No one was more surprised than one of the original Easey St detectives, Peter Hiscock, who told the Herald Sun this week he has never forgotten the appalling scene that confronted him and another detective when they were sent to what their boss assumed was a “simple” murder-suicide.
“I remember walking in that door that day,” Mr Hiscock recalled. “I will never forget it. On the floor in the first bedroom was Susan Armstrong’s body. Then we found Suzanne Bartlett with all the defence stab wounds. There was blood all over the walls.
“Who would have thought that a teenage kid would do that and then stand in the shower to wash himself and the knife before leaving?”
Hiscock, long retired, recalls that another policeman (now dead) filleted the homicide file to lend to the author of a book about the case, which meant that another generation of detectives had very little to work with.
But he can’t recall the teen suspect’s name being on the original homicide file, suggesting it had come up later through examination of other police running sheets in the Collingwood area.
“I have to commend them (current investigators) for keeping this perfectly quiet for the last six or seven years.”
The Greek-born suspect was never part of the short list of suspects that detectives worked through when DNA testing first became available in the 1990s.
High on their list was Susan Armstrong’s then shearer boyfriend and his brother, who had unfairly lived with speculation and rumour for years.
Detectives tested several other men.
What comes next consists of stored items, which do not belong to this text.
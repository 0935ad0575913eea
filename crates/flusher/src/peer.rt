// The peers of a post, before and after.
ghost use Rattle.std.specs.Prelude.{◌≡◌, ◌↔◌, ◌+◌, ◌≤◌, ℕ, IfOk};
ghost use Rattle.std.specs.Prelude.{IfErr, IsOk};
ghost use Rattle.std.specs.Prelude.{MatchResult, Ok, OnOk};
ghost use Rattle.flusher.specs.Flushes.{AcknowledgesOr, RefusesOrRotates};
ghost use Rattle.flusher.specs.Kept.{HasAllOnDisks, IsKept};
ghost use Rattle.flusher.specs.Sealed.{IsFlushed};
ghost use Rattle.ledger_core.specs.declared.note.Note.{Note};
ghost use Rattle.peer_queue.specs.Calls.{IsFresh, KeepsDebts, RefusesClose, RefusesOwe};
ghost use Rattle.peer_queue.specs.DebtPlace.{Ready, with_place};
ghost use Rattle.peer_queue.specs.Words.{AreHonest, IsBroken, Notes, ledger_of, open_key, places_of};
ghost use Rattle.peer_queue.specs.Words.{Continues, StandsFor, faults_of, pending_of, tape_of};
ghost use Rattle.recovery.specs.Image.{EachTape, Survives};
ghost use Rattle.recovery.specs.Notes.{History};
ghost use Rattle.recovery.specs.Opens.{HasCause, Opens, OpensWhatSurvives};
ghost use Rattle.recovery.specs.Words.{IsOpenFault, refused_log};
ghost use Rattle.recovery.specs.declared.fault.TapeFault.TheVariants.{Damaged};

use crate::room::flush_or_rotate;
use disk_model::Disk;
use funnel::{MsgId, PeerName, Token};
use peer_queue::{Limits, Owed, Station, StationFault};
use recovery::{RefusedTape, TapeFault};
use std::alloc::Global;

/// How many debts were taken, answered and dropped.
#[derive(Clone, Copy, Debug, PartialEq, Eq)]
pub struct Sums {
    /// By a line.
    pub taken: u64,
    /// Answered by the peer for good.
    pub answered: u64,
    /// Ended by us.
    pub dropped: u64,
}

/// A peer's name, and its station. Only `open` makes one: a station that was opened elsewhere cannot go into a post.
#[derive(Drop)]
pub struct PostPeer<D: Disk> {
    pub name: PeerName,
    /// All that it is owed.
    pub station: Station<D>,
    ghost kept: { ∥ IsKept station ∥₁ },
    ghost on_disks: { HasAllOnDisks station },
}

impl<D: Disk> PostPeer<D> {
    /// A peer whose station is opened from these disks.
    ///
    /// # Errors
    /// The station's; the disks are handed back.
    pub fn open(
        alloc: Global,
        name: PeerName,
        a: D,
        b: D,
        limits: Limits,
    ) -> Result<PostPeer<D>, RefusedTape<D>>
        // Whatever a stop left of a history is opened.
        ensures recovers { (h : History) → D.honest a → D.honest b
            → EachTape (Survives h) (D.log a, D.log b)
            → OpensWhatSurvives (λ peer. tape_of peer.station) h (D.log a, D.log b) result }
        ensures opens { D.honest a → D.honest b
            → Opens (λ peer. tape_of peer.station) (D.log a, D.log b) result }
        ensures causes { D.honest a → D.honest b
            → IfErr result (HasCause (D.log a, D.log b) (D.faults_of a, D.faults_of b)) }
        ensures untouched { D.honest a → D.honest b → IfErr result (λ e. (segment at : ℕ)
            → e.fault ≡ Damaged segment at → refused_log e ≡ (D.log a, D.log b)) }
        ensures kinds { IfErr result (λ e. IsOpenFault e.fault) }
        ensures fresh { IfOk result
            (λ peer. (peer.name ≡ name) × IsFresh limits peer.station) }
        ensures honest { MatchResult result
            (λ peer. (D.honest a × D.honest b) ↔ AreHonest peer.station)
            (λ e. (D.honest a × D.honest b) ↔ (D.honest e.a × D.honest e.b)) }
        ensures quiet { MatchResult result
            (λ peer. faults_of peer.station ≡ (D.faults_of a, D.faults_of b))
            (λ e. (D.faults_of a ≤ D.faults_of e.a) × (D.faults_of b ≤ D.faults_of e.b)) }
    {
        let station = match Station::open(alloc, a, b, limits) {
            Ok(station) => station,
            Err(refused) => return Err(refused),
        };
        Ok(PostPeer { name, station })
    }

    /// Owes it the line of this number of the source that is open (a backlog file), which is ready from now on.
    ///
    /// # Errors
    /// Those of [`Station::import`], in their order. Nothing changes then.
    pub fn import(&mut self, number: u64, token: &Token, id: &MsgId) -> Result<Owed, StationFault>
        ensures already { (result ≡ Ok Owed.Already) ↔ ((IsBroken self.old.station → ⊥)
            × (number ≤ (ledger_of self.old.station).import_mark)) }
        ensures unchanged { result ≡ Ok Owed.Already → self.new.station ≡ self.old.station }
        ensures new { result ≡ Ok Owed.New → Notes self.old.station self.new.station
            (Note.Owe (open_key self.old.station number) token.now id.now) }
        ensures places { result ≡ Ok Owed.New → places_of self.new.station
            ≡ with_place (places_of self.old.station) (open_key self.old.station number) Ready }
        ensures refuses { RefusesOwe (ledger_of self.old.station).import_mark number
            (Note.Owe (open_key self.old.station number) token.now id.now) self.old.station
            self.new.station result }
        ensures name { self.new.name ≡ self.old.name }
    {
        self.station.import(number, token, id)
    }

    /// Closes the source that is open, and returns its number: the next one is open from now on.
    ///
    /// # Errors
    /// Those of [`Station::close_import`], in their order. Nothing changes then.
    pub fn close_import(&mut self) -> Result<u32, StationFault>
        ensures closed { IfOk result (λ source.
            (source ≡ (ledger_of self.old.station).closed + 1)
            × Notes self.old.station self.new.station (Note.Closed source)) }
        ensures places { places_of self.new.station ≡ places_of self.old.station }
        ensures refuses { RefusesClose self.old.station self.new.station result }
        ensures name { self.new.name ≡ self.old.name }
    {
        self.station.close_import()
    }

    /// Puts the notes that pend on the disks. If there is no room for them after what is there, its tape is rewritten,
    /// the notes that pend included.
    ///
    /// # Errors
    /// `Broken`; `NoMemory`; `Tape(TapeFull)` if what it owes is too long even for a rewritten tape, or if its tape has
    /// the greatest generation; `Tape(Disk)`: the station is broken from now on.
    pub fn flush_or_rotate(&mut self) -> Result<(), StationFault>
        ensures flushes { (h : History) → StandsFor self.old.station h
            → AcknowledgesOr (StationFault.Tape TapeFault.Disk) h (tape_of self.old.station)
            (tape_of self.new.station) result }
        ensures flushed { OnOk result (IsFlushed self.new.station) }
        ensures empty { pending_of self.old.station ≡ 0
            → (self.new.station ≡ self.old.station)
            × ((IsBroken self.old.station → ⊥) → IsOk result) }
        ensures refuses { RefusesOrRotates self.old.station self.new.station result }
        ensures keeps { KeepsDebts self.old.station self.new.station }
        ensures continues { Continues self.old.station self.new.station }
        ensures quiet { OnOk result
            (faults_of self.new.station ≡ faults_of self.old.station) }
        ensures name { self.new.name ≡ self.old.name }
    {
        flush_or_rotate(&mut self.station)
    }
}

// What a station counts.
pub(crate) fn counted_at<D: Disk>(station: &Station<D>) -> Sums
    ensures { (result.taken ≡ (ledger_of station.now).taken)
        × (result.answered ≡ (ledger_of station.now).answered)
        × (result.dropped ≡ (ledger_of station.now).dropped) }
{
    let totals = station.totals();
    Sums {
        taken: totals.taken,
        answered: totals.answered,
        dropped: totals.dropped,
    }
}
They even went to England to test a suspect who had returned there years after the murders, but all for no result.
The Greek connection might be random. But those who know the case well will be intrigued by the fact that Susan Armstrong had been to Greece and stayed long enough to learn some of the language and to have a relationship with a local who fathered her little boy Greg, who was the toddler left crying and thirsty in his cot for two days after his mother and her friend were butchered.
Is it possible that Susan, friendly and gregarious, had used her smattering of Greek to talk to locals, and that this attracted the attention of a disturbed teenager?
That, and many other questions, may be posed in the coming legal proceedings.
Regardless of what happens in court, the arrest is an astonishing development in a case that is part of folklore in Australia. As with the Beaumont children’s abduction in 1966, it is a crime that has always had a grip on the Australian public’s imagination.
“Easey Street” is shorthand for a crime known to three generations of Australians, even though millions of us were not even born in 1977. It has thrown up two books — the late Tom Prior’s effort, They Trusted Men, in 1996. And, recently, two editions of Helen Thomas’s Murder On Easey Street, which will soon require a third edition.
Defence lawyers will, of course, point out that DNA testing is a brilliant scientific advance but has a flawed record in law enforcement. In Victoria alone, bungled forensic laboratory tests have resulted in at least two innocent people facing serious charges.
This astonishing story is not over yet.